Seminars

A mathematical model for a (nonlinear) Darcy process

Author:Vince Ervin    Publicsh date:2016-05-19    Clicks:
报告人1:Vince Ervin(Clemson University) 时间:5月19日(周四)下午2:00 ~3:00 地点:数学中心813 题目:A mathematical model for a (nonlinear) Darcy process 摘要:In this presentation we will conside ......

报告人1:Vince Ervin(Clemson University)

时间:5月19日(周四)下午2:00 ~3:00

地点:数学中心813

题目:A mathematical model for a (nonlinear) Darcy process

摘要:In this presentation we will consider a filtration process governed by the Darcy fluid flow equations, coupled with an equation for the changing porosity (permeability) of the medium. Of particular interest is to determine a ``reasonable'' mathematical model which permits a solution for the fluid velocity and pressure in the H_{div} and L^{2} spaces, respectively.

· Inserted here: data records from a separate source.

ghost use Rattle.std.specs.Prelude.{◌≡◌};
ghost use Rattle.fill_base.specs.Limits.{IsSpacing};

use fill_base::{HIGHEST, LOWEST, Point, Rect};
use fill_raster::{Marks, Place, Raster, RasterError};
use std::alloc::{AllocError, Global};
use std::process::Abort;
use std::test::Fail;

/// The box of a place that the raster has.
fn box_at(rt: &impl Abort, raster: &Raster, i: i64, j: i64) -> Rect {
    let place = Place { i, j };
    if !raster.has(place) {
        panic!(rt; "no place {place:?}");
    }
    raster.box_of(place)
}

/// The tile of a place that the raster has.
fn tile_at(rt: &impl Abort, raster: &Raster, i: i64, j: i64) -> u32 {
    let place = Place { i, j };
    if !raster.has(place) {
        panic!(rt; "no place {place:?}");
    }
    raster.tile_of(place)
}

/// The halo of a tile that the raster has.
fn halo_at(rt: &impl Abort, raster: &Raster, tile: u32, spacing: i64) -> Rect
    requires { IsSpacing spacing }
{
    if tile >= raster.tiles() {
        panic!(rt; "no tile {tile}");
    }
    raster.halo(tile, spacing)
}

/// Asserts which columns and rows of places a tile has.
fn assert_tile(rt: &impl Abort, raster: &Raster, tile: u32, columns: [i64; 2], rows: [i64; 2]) {
    if tile >= raster.tiles() {
        panic!(rt; "no tile {tile}");
    }
    let (i, j) = raster.places(tile);
    assert_eq!(rt; [i.start, i.end], columns, "columns of tile {tile}");
    assert_eq!(rt; [j.start, j.end], rows, "rows of tile {tile}");
}

/// How many places with both numbers from `lo` on and below `hi` the raster has.
fn count_places(raster: &Raster, lo: i32, hi: i32) -> u64 {
    let mut count = 0u64;
    for j in lo..hi {
        for i in lo..hi {
            let place = Place {
                i: i64::from(i),
                j: i64::from(j),
            };
            count = count.wrapping_add(u64::from(raster.has(place)));
        }
    }
    count
}

/// Boxes of 4 by 4 at steps of 10 from (3, 3) on, in a frame of 100 by 100.
fn full_raster(rt: &impl Abort) -> Raster {
    let origin = Point { x: 3, y: 3 };
    let Ok(frame) = Rect::new(0, 0, 100, 100) else {
        panic!(rt; "the frame is refused");
    };
    match Raster::new(frame, (4, 4), (10, 10), origin, 2, (4, 4)) {
        Ok(raster) => raster,
        Err(error) => panic!(rt; "{error}"),
    }
}

#[test]
fn full_raster_of_nine_tiles(rt: HostRuntime) -> Result<(), Fail> {
    let raster = full_raster(&rt);
    assert_eq!(rt; count_places(&raster, -3, 14), 100);
    assert_eq!(rt; raster.tiles(), 9);
    assert_tile(&rt, &raster, 0, [0, 4], [0, 4]);
    assert_tile(&rt, &raster, 1, [4, 8], [0, 4]);
    assert_tile(&rt, &raster, 2, [8, 10], [0, 4]);
    assert_tile(&rt, &raster, 3, [0, 4], [4, 8]);
    assert_tile(&rt, &raster, 4, [4, 8], [4, 8]);
    assert_tile(&rt, &raster, 5, [8, 10], [4, 8]);
    assert_tile(&rt, &raster, 6, [0, 4], [8, 10]);
    assert_tile(&rt, &raster, 7, [4, 8], [8, 10]);
    assert_tile(&rt, &raster, 8, [8, 10], [8, 10]);
    assert_eq!(rt; tile_at(&rt, &raster, 3, 3), 0);
    assert_eq!(rt; tile_at(&rt, &raster, 4, 3), 1);
    assert_eq!(rt; tile_at(&rt, &raster, 3, 4), 3);
    assert_eq!(rt; tile_at(&rt, &raster, 9, 9), 8);
    assert_eq!(rt; box_at(&rt, &raster, 0, 0), Rect::new(3, 3, 7, 7)?);
    assert_eq!(rt; box_at(&rt, &raster, 9, 2), Rect::new(93, 23, 97, 27)?);
    Ok(())
}

#[test]
fn halo_is_the_bounding_rectangle_grown_by_the_spacing(rt: HostRuntime) -> Result<(), Fail> {
    let raster = full_raster(&rt);
    assert_eq!(rt; halo_at(&rt, &raster, 0, 2), Rect::new(1, 1, 39, 39)?);
    assert_eq!(rt; halo_at(&rt, &raster, 0, 0), Rect::new(3, 3, 37, 37)?);
    assert_eq!(rt; halo_at(&rt, &raster, 5, 7), Rect::new(76, 36, 104, 84)?);
    assert_eq!(rt; halo_at(&rt, &raster, 8, 2), Rect::new(81, 81, 99, 99)?);
    Ok(())
}

/// Asserts the columns and the rows of the places near a rectangle.
fn assert_near(
    rt: &impl Abort,
    raster: &Raster,
    rect: &Rect,
    spacing: i64,
    columns: [i64; 2],
    rows: [i64; 2],
)
    requires { IsSpacing spacing }
{
    let (i, j) = raster.near(rect, spacing);
    assert_eq!(rt; [i.start, i.end], columns, "columns near {rect:?}");
    assert_eq!(rt; [j.start, j.end], rows, "rows near {rect:?}");
}

/// A box begins at 23 and the one before ends at 17: a gap of two to 21 is far enough, one to 22 is not.
#[test]
fn places_near_a_rectangle(rt: HostRuntime) -> Result<(), Fail> {
    let raster = full_raster(&rt);
    let wire = Rect::new(10, 10, 21, 20)?;
    assert_near(&rt, &raster, &wire, 2, [1, 2], [1, 2]);
    let wider = Rect::new(10, 10, 22, 20)?;
    assert_near(&rt, &raster, &wider, 2, [1, 3], [1, 2]);
    assert_near(&rt, &raster, &wider, 0, [1, 2], [1, 2]);
    let all = Rect::new(LOWEST, LOWEST, HIGHEST, HIGHEST)?;
    assert_near(&rt, &raster, &all, 1_048_576, [0, 10], [0, 10]);
    let (columns, _) = raster.near(&Rect::new(7, 0, 13, 9)?, 0);
    assert!(rt; columns.is_empty());
    Ok(())
}

#[test]
fn zero_spacing_lets_boxes_touch(rt: HostRuntime) -> Result<(), Fail> {
    let frame = Rect::new(0, 0, 100, 100)?;
    let raster = Raster::new(frame, (4, 4), (4, 4), Point { x: 0, y: 0 }, 0, (4, 4))?;
    assert_eq!(rt; count_places(&raster, -2, 30), 625);
    assert_eq!(rt; raster.tiles(), 49);
    assert_tile(&rt, &raster, 6, [24, 25], [0, 4]);
    assert_tile(&rt, &raster, 48, [24, 25], [24, 25]);
    assert_eq!(rt; box_at(&rt, &raster, 24, 0), Rect::new(96, 0, 100, 4)?);
    Ok(())
}

#[test]
fn pitch_is_judged_before_the_number_of_places(rt: HostRuntime) -> Result<(), Fail> {
    let (frame, origin) = (Rect::new(0, 0, 5000, 5000)?, Point { x: 3, y: 3 });
    let tile = (4, 4);
    let narrow = Raster::new(frame, (4, 4), (5, 10), origin, 2, tile);
    assert_eq!(rt; narrow, Err(RasterError::BadPitch));
    let low = Raster::new(frame, (4, 4), (10, 5), origin, 2, tile);
    assert_eq!(rt; low, Err(RasterError::BadPitch));
    assert!(rt; Raster::new(frame, (4, 4), (6, 6), origin, 2, tile).is_ok());
    let crowded = Raster::new(frame, (1, 1), (1, 1), origin, 1, tile);
    assert_eq!(rt; crowded, Err(RasterError::BadPitch));
    let many = Raster::new(frame, (1, 1), (1, 1), origin, 0, tile);
    assert_eq!(rt; many, Err(RasterError::TooManyPlaces));
    Ok(())
}

#[test]
fn so_many_places_and_no_more(rt: HostRuntime) -> Result<(), Fail> {
    let origin = Point { x: -7, y: 9 };
    let most = Rect::new(0, 0, 4096, 4096)?;
    let raster = Raster::new(most, (1, 1), (1, 1), origin, 0, (4096, 4096))?;
    assert_eq!(rt; raster.tiles(), 1);
    assert_tile(&rt, &raster, 0, [7, 4103], [-9, 4087]);
    let wide = Raster::new(
        Rect::new(0, 0, 4097, 4096)?,
        (1, 1),
        (1, 1),
        origin,
        0,
        (1, 1),
    );
    assert_eq!(rt; wide, Err(RasterError::TooManyPlaces));
    let high = Raster::new(
        Rect::new(0, 0, 1, (1 << 24) + 1)?,
        (1, 1),
        (1, 1),
        origin,
        0,
        (1, 1),
    );
    assert_eq!(rt; high, Err(RasterError::TooManyPlaces));
    Ok(())
}

#[test]
fn frame_too_small_for_a_box(rt: HostRuntime) -> Result<(), Fail> {
    let (small, origin) = (Rect::new(0, 0, 5, 5)?, Point { x: 3, y: 3 });
    let empty = Raster::new(small, (4, 4), (10, 10), origin, 2, (4, 4))?;
    assert_eq!(rt; empty.tiles(), 0);
    assert_eq!(rt; count_places(&empty, -9, 9), 0);
    let narrow = Raster::new(small, (4, 4), (5, 5), origin, 2, (4, 4));
    assert_eq!(rt; narrow, Err(RasterError::BadPitch));
    let line = Rect::new(LOWEST, 0, HIGHEST, 1)?;
    let none = Raster::new(line, (1, 2), (1, 2), Point { x: 0, y: 0 }, 0, (1, 1))?;
    assert_eq!(rt; none.tiles(), 0);
    assert!(rt; !none.has(Place { i: 0, j: 0 }));
    let whole = Raster::new(line, (1, 1), (1, 1), Point { x: 0, y: 0 }, 0, (1, 1));
    assert_eq!(rt; whole, Err(RasterError::TooManyPlaces));
    Ok(())
}

#[test]
fn raster_over_all_coordinates(rt: HostRuntime) -> Result<(), Fail> {
    let side = 1 << 20;
    let frame = Rect::new(LOWEST, LOWEST, HIGHEST, HIGHEST)?;
    let origin = Point {
        x: LOWEST,
        y: HIGHEST,
    };
    let raster = Raster::new(frame, (side, side), (side, side), origin, 0, (2000, 2048))?;
    assert_eq!(rt; raster.tiles(), 2);
    assert_tile(&rt, &raster, 1, [2000, 2048], [-2048, 0]);
    let corner = Rect::new(LOWEST, LOWEST, LOWEST + side, LOWEST + side)?;
    assert_eq!(rt; box_at(&rt, &raster, 0, -2048), corner);
    let last = Rect::new(HIGHEST - side, HIGHEST - side, HIGHEST, HIGHEST)?;
    assert_eq!(rt; box_at(&rt, &raster, 2047, -1), last);
    assert!(rt; !raster.has(Place { i: 2048, j: -1 }));
    assert!(rt;
        !raster.has(Place {
            i: i64::MIN,
            j: i64::MAX
        })
    );
    let right = LOWEST + 2000 * side;
    assert_eq!(rt;
        halo_at(&rt, &raster, 0, side),
        Rect::new(LOWEST, LOWEST, right + side, HIGHEST)?
    );
    assert_eq!(rt;
        halo_at(&rt, &raster, 1, 5),
        Rect::new(right - 5, LOWEST, HIGHEST, HIGHEST)?
    );
    Ok(())
}

#[test]
fn origin_far_outside_the_frame(rt: HostRuntime) -> Result<(), Fail> {
    let frame = Rect::new(-20, -20, -5, -5)?;
    let near = Raster::new(frame, (3, 3), (7, 7), Point { x: 1, y: 1 }, 4, (1, 2))?;
    assert_eq!(rt; near.tiles(), 2);
    assert_tile(&rt, &near, 0, [-3, -2], [-3, -1]);
    assert_eq!(rt; box_at(&rt, &near, -3, -2), Rect::new(-20, -13, -17, -10)?);
    assert!(rt; !near.has(Place { i: -4, j: -2 }));
    assert!(rt; !near.has(Place { i: -1, j: -2 }));
    let origin = Point {
        x: HIGHEST,
        y: LOWEST,
    };
    let far = Raster::new(frame, (3, 3), (7, 7), origin, 4, (2, 2))?;
    assert_eq!(rt; far.tiles(), 1);
    assert_tile(
        &rt,
        &far,
        0,
        [-153391692, -153391690],
        [153391687, 153391689],
    );
    let corner = Rect::new(-20, -15, -17, -12)?;
    assert_eq!(rt; box_at(&rt, &far, -153391692, 153391687), corner);
    Ok(())
}

/// Marks a place of the tile.
fn mark(rt: &impl Abort, marks: &mut Marks, i: i64, j: i64) {
    let place = Place { i, j };
    if !marks.has_place(place) {
        panic!(rt; "{place:?} is not of the tile");
    }
    marks.set(place);
}

/// Takes the mark off a place of the tile.
fn unmark(rt: &impl Abort, marks: &mut Marks, i: i64, j: i64) {
    let place = Place { i, j };
    if !marks.has_place(place) {
        panic!(rt; "{place:?} is not of the tile");
    }
    marks.clear(place);
}

/// No place of a tile that the raster has.
fn no_marks(
    rt: &impl Abort,
    alloc: Global,
    raster: &Raster,
    tile: u32,
) -> Result<Marks, AllocError> {
    if tile >= raster.tiles() {
        panic!(rt; "no tile {tile}");
    }
    Marks::none(alloc, raster, tile)
}

#[test]
fn marks_of_the_last_tile(rt: HostRuntime) -> Result<(), Fail> {
    let raster = full_raster(&rt);
    let mut marks = no_marks(&rt, rt.alloc(), &raster, 8)?;
    assert_eq!(rt; marks.count(), 0);
    assert!(rt; !marks.has(Place { i: 8, j: 9 }));
    mark(&rt, &mut marks, 8, 9);
    mark(&rt, &mut marks, 8, 9);
    assert_eq!(rt; marks.count(), 1);
    assert!(rt; marks.has(Place { i: 8, j: 9 }));
    assert!(rt; !marks.has(Place { i: 9, j: 8 }));
    assert!(rt; !marks.has_place(Place { i: 7, j: 9 }));
    assert!(rt; !marks.has(Place { i: 10, j: 8 }));
    mark(&rt, &mut marks, 9, 8);
    mark(&rt, &mut marks, 9, 9);
    mark(&rt, &mut marks, 8, 8);
    assert_eq!(rt; marks.count(), 4);
    unmark(&rt, &mut marks, 9, 8);
    unmark(&rt, &mut marks, 9, 8);
    assert_eq!(rt; marks.count(), 3);
    assert!(rt; !marks.has(Place { i: 9, j: 8 }));
    assert!(rt; marks.has(Place { i: 8, j: 9 }));
    Ok(())
}

/// The first column from this place on, in its row of the tile, that is marked or not, as asked.
fn column_from(rt: &impl Abort, marks: &Marks, i: i64, j: i64, marked: bool) -> Option<i64> {
    let place = Place { i, j };
    if !marks.has_place(place) {
        panic!(rt; "no place {place:?} of the tile");
    }
    marks.first_from(place, marked)
}

#[test]
fn marked_and_unmarked_columns_of_a_row(rt: HostRuntime) -> Result<(), Fail> {
    let raster = full_raster(&rt);
    assert_eq!(rt; [raster.columns().start, raster.columns().end], [0, 10]);
    assert_eq!(rt; [raster.rows().start, raster.rows().end], [0, 10]);
    // Tile 4 has columns and rows 4 to 7.
    let mut marks = no_marks(&rt, rt.alloc(), &raster, 4)?;
    assert_eq!(rt; column_from(&rt, &marks, 4, 5, true), None);
    mark(&rt, &mut marks, 5, 5);
    mark(&rt, &mut marks, 6, 5);
    mark(&rt, &mut marks, 4, 6);
    assert_eq!(rt; column_from(&rt, &marks, 4, 5, true), Some(5));
    assert_eq!(rt; column_from(&rt, &marks, 6, 5, true), Some(6));
    assert_eq!(rt; column_from(&rt, &marks, 7, 5, true), None);
    assert_eq!(rt; column_from(&rt, &marks, 4, 5, false), Some(4));
    assert_eq!(rt; column_from(&rt, &marks, 5, 5, false), Some(7));
    Ok(())
}

#[test]
fn marks_of_more_places_than_a_word_has_bits(rt: HostRuntime) -> Result<(), Fail> {
    let frame = Rect::new(0, 0, 13, 5)?;
    let raster = Raster::new(frame, (1, 1), (1, 1), Point { x: 6, y: 2 }, 0, (13, 5))?;
    let mut marks = no_marks(&rt, rt.alloc(), &raster, 0)?;
    for (i, j) in [(-6, -2), (6, 2), (5, 2), (-6, 2), (0, 0)] {
        mark(&rt, &mut marks, i, j);
    }
    assert_eq!(rt; marks.count(), 5);
    for j in -2..3i32 {
        for i in -6..7i32 {
            let marked = (i, j) == (-6, -2)
                || (i, j) == (6, 2)
                || (i, j) == (5, 2)
                || (i, j) == (-6, 2)
                || (i, j) == (0, 0);
            let place = Place {
                i: i64::from(i),
                j: i64::from(j),
            };
            assert_eq!(rt; marks.has(place), marked, "{place:?}");
        }
    }
    Ok(())
}

#[test]
fn a_million_marks(rt: HostRuntime) -> Result<(), Fail> {
    let frame = Rect::new(0, 0, 4096, 4096)?;
    let raster = Raster::new(frame, (1, 1), (1, 1), Point { x: 0, y: 0 }, 0, (4096, 4096))?;
    let mut marks = no_marks(&rt, rt.alloc(), &raster, 0)?;
    for j in 0..1000i32 {
        for i in 0..1000i32 {
            mark(&rt, &mut marks, 4 * i64::from(i), i64::from(j));
        }
    }
    assert_eq!(rt; marks.count(), 1_000_000);
    assert!(rt; marks.has(Place { i: 3996, j: 999 }));
    assert!(rt; !marks.has(Place { i: 3997, j: 999 }));
    assert!(rt; !marks.has(Place { i: 0, j: 1000 }));
    Ok(())
}

#[test]
fn each_refusal_says_why(rt: HostRuntime) -> Result<(), Fail> {
    let alloc = rt.alloc();
    let pitch = format!(in alloc; "{}", RasterError::BadPitch)?;
    assert_eq!(rt;
        pitch.as_str(),
        "a step is below the side of a box and the fill spacing"
    );
    let many = format!(in alloc; "{}", RasterError::TooManyPlaces)?;
    assert_eq!(rt; many.as_str(), "the raster has more than 16777216 places");
    Ok(())
}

报告人2:Li Xiaofan(Illinois Institute of Technology)

时间:5月19日(周四)下午3:10 ~ 4:10

地点:数学中心813

题目:Numerical schemes for integro-differential equations related to alpha-stable processes

摘要:The mean first exit time, escape probability and transitional probability density are utilized to quantify dynamical behaviors of stochastic differential equations with non-Gaussian, $\alpha$-stable type L\'evy motions. Taking advantage of the Toeplitz matrix structure of the time-space discretization, a fast and accurate numerical algorithm is proposed to simulate the nonlocal Fokker-Planck equations on either a bounded or infinite domain. Under a specified condition, the scheme is shown to satisfy a discrete maximum principle and to be convergent. The numerical results for two prototypical stochastic systems, the Ornstein-Uhlenbeck system and the double-well system are shown.